Collected data entries
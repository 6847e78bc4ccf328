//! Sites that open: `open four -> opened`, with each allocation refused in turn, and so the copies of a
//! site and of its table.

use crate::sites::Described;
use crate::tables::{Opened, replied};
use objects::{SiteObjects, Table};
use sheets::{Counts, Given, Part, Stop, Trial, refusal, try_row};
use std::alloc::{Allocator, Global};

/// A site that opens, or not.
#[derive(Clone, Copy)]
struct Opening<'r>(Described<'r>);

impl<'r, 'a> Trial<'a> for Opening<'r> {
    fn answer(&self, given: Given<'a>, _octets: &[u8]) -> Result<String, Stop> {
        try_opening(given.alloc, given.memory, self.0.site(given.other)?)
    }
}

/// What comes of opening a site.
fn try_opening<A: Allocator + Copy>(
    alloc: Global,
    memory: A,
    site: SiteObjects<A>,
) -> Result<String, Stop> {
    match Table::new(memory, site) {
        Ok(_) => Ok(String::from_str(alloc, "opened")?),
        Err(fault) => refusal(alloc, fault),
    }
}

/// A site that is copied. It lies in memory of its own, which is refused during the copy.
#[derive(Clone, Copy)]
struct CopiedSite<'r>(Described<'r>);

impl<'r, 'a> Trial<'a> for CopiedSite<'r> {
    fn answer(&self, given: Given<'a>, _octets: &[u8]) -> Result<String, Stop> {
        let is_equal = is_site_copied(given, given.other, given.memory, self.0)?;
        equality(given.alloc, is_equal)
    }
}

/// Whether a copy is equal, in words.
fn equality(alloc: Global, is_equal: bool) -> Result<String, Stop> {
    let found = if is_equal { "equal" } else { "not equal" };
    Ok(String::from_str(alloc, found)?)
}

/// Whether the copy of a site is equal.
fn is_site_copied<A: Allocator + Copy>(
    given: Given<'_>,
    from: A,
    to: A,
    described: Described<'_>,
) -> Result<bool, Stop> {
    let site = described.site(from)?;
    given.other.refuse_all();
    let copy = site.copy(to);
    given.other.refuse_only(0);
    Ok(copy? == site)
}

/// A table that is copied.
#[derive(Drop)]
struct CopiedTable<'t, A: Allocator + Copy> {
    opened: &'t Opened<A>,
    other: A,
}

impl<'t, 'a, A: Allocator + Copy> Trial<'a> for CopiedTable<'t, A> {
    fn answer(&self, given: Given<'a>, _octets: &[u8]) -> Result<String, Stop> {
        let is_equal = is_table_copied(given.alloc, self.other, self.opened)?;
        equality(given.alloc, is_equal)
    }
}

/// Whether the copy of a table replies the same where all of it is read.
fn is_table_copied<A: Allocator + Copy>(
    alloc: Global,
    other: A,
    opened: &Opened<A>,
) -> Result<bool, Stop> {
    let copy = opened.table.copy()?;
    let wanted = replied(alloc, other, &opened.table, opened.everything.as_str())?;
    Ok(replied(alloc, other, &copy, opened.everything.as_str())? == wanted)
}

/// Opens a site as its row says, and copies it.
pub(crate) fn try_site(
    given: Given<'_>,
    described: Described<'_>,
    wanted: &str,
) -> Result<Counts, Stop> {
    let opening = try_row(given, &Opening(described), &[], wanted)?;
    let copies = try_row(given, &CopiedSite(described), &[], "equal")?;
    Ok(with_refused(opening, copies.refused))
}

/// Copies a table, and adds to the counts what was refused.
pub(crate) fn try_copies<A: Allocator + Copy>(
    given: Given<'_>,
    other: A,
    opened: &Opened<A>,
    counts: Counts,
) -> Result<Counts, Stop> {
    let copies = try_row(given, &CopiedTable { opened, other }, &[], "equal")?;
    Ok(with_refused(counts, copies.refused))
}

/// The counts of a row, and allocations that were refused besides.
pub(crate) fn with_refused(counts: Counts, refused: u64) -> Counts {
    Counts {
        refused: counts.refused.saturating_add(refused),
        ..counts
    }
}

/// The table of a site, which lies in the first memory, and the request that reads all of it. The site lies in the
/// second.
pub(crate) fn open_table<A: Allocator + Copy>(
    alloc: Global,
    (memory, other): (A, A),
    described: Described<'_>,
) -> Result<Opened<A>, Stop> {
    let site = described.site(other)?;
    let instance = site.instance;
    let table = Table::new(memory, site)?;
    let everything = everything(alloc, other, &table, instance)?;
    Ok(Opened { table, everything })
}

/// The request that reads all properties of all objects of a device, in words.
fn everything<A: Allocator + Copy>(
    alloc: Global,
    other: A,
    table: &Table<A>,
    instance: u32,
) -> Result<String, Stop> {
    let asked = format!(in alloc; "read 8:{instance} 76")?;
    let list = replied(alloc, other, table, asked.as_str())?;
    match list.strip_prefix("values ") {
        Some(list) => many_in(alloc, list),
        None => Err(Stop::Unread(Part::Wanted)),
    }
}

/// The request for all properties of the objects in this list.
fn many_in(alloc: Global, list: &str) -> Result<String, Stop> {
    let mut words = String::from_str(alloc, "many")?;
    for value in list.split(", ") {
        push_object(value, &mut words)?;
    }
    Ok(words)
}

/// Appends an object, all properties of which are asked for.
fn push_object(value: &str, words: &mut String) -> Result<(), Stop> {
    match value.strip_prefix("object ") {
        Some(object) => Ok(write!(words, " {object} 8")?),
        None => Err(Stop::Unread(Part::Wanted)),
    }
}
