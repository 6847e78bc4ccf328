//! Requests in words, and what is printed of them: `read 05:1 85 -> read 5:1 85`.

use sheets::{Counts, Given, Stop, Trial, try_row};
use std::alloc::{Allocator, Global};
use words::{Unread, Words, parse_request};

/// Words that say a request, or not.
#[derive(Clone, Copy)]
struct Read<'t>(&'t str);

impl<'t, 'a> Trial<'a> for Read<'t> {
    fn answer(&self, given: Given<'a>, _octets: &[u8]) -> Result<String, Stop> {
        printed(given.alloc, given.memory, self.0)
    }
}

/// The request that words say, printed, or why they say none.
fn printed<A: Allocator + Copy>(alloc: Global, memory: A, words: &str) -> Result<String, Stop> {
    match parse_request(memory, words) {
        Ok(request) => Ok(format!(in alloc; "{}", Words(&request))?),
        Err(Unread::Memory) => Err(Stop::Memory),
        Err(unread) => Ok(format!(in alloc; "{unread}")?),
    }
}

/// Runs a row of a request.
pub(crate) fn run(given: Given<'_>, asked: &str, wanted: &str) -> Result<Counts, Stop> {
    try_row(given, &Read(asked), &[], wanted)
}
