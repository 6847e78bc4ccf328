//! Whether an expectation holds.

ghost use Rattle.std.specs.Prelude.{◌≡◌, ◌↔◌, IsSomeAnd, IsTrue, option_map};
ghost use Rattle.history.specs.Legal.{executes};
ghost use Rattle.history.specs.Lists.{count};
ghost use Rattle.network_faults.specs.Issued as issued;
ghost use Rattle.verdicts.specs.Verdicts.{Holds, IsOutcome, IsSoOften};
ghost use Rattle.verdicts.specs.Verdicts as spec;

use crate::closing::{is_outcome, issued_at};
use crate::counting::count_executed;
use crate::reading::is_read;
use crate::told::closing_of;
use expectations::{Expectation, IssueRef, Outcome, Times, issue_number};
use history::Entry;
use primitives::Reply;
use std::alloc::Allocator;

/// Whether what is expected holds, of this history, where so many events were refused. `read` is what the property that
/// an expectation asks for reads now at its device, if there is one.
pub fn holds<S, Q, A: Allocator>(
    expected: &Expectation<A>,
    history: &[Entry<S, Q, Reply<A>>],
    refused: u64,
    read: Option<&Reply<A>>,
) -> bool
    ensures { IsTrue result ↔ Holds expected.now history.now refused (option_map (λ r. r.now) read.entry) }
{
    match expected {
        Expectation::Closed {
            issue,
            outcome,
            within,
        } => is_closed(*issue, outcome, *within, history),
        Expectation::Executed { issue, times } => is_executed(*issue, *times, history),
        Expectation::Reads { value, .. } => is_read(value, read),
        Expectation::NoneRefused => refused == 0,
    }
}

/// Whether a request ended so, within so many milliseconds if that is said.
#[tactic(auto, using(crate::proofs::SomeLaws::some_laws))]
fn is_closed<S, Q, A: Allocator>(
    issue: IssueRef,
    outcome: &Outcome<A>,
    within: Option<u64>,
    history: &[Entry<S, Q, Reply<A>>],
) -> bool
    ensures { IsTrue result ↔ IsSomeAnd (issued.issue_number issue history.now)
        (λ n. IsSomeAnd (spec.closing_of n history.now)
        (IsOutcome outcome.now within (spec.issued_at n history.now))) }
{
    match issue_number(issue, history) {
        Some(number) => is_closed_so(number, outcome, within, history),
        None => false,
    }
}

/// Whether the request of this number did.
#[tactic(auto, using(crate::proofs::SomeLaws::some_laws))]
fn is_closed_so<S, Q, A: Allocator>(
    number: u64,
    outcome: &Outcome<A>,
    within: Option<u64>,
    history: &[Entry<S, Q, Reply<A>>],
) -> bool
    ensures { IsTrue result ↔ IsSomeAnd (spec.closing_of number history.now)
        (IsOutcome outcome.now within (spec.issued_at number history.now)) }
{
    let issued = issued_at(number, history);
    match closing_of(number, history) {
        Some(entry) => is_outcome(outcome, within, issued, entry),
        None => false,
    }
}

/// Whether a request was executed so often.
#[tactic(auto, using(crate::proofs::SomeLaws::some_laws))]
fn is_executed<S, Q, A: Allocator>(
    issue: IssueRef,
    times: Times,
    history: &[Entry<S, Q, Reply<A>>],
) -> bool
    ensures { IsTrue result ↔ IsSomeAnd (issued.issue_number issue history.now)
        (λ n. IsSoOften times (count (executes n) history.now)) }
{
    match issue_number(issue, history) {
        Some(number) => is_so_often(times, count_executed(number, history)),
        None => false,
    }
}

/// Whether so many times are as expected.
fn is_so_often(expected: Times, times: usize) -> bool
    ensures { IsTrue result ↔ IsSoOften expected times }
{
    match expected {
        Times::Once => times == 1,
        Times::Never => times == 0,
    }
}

_Problem details_. Which lines above contain the word "match"? Copy all of them.

_Task result_.
    match Table::new(memory, site) {
    match list.strip_prefix("values ") {
    match value.strip_prefix("object ") {
    match parse_request(memory, words) {
    match expected {
    match issue_number(issue, history) {
    match closing_of(number, history) {
    match issue_number(issue, history) {
    match expected {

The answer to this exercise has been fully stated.